By egh on 2015-01-29 19:56:47+00:00
Glad it works! You might try pandoc for HTML -> ODT translation as well. :) It's a pretty magic tool.
By titaniumbones on 2015-01-30 02:18:08+00:00
OK, not quite right -- it looks like, in some cases, the "delimiter" (".") gets added to the URL in the href. So, for instance, I have a citation for this source:
(harvested via Zotero in Firefox some time ago). When I export to html, I get this code:
<div class="csl-entry">Broder, John M., and Ian Urbina. “All Eyes Turn to Virginia Senate Race.” <i>The New York Times</i>, November 9, 2006, sec. /. <a href="http://www.nytimes.com/2006/11/09/us/politics/09virginia.html?ex=1320728400&en=e65ed62ff1814d9b&ei=5088&partner=rssnyt&emc=rss.">http://www.nytimes.com/2006/11/09/us/politics/09virginia.html?ex=1320728400&en=e65ed62ff1814d9b&ei=5088&partner=rssnyt&emc=rss.</a></div>
To me that looks like a bug in citeproc-js, so I have reported here:
https://bitbucket.org/fbennett/citeproc-js/issue/171/enabling-wrap_url_and_doi-includes-final
By egh on 2015-01-30 02:22:10+00:00
Nice catch. Might be a while before a fix filters down to Zotero, though. :(
By titaniumbones on 2015-01-30 02:24:45+00:00
yeah, I reckon it will be some time yet... oh well. Still pretty close...
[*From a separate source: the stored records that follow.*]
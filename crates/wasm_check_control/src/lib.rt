//! The operand stack and the control frames of the validation algorithm, and what a module must say
//! to it.
#![tactic(auto)]

mod context;
mod control;
mod frame;
mod local_stack;
mod matching;
mod operands;
mod peeks;
mod references;
mod rules;
mod set_locals;
mod value_matches;

pub use context::{
    CompositeKind, FuncType, GlobalType, LocalType, ModuleContext, StructType, TableType,
};
pub use control::{Control, Mismatch};
pub use frame::{Frame, FrameKind, ResultTypes};
pub use matching::heap_type_matches;
pub use operands::Operands;
pub use peeks::{all_match, count_of};
pub use set_locals::SetLocals;
pub use value_matches::{matches, select_type};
By fbennett on 2015-02-14 04:46:06+00:00
It looks like this may not be a processor bug, actually. The period at the end of the URL appears both in the href and in the link text of the sample cite, which suggests that it's in the input data. To protect against duplicate punctuation, the processor will detect terminal periods, even if they appear in input data, and even if nested in tags or other markup, and suppress its own terminal punctuation if appropriate. This is what the output would look like in that case.
By egh on 2015-02-14 05:05:18+00:00
Thanks for looking into this, Frank.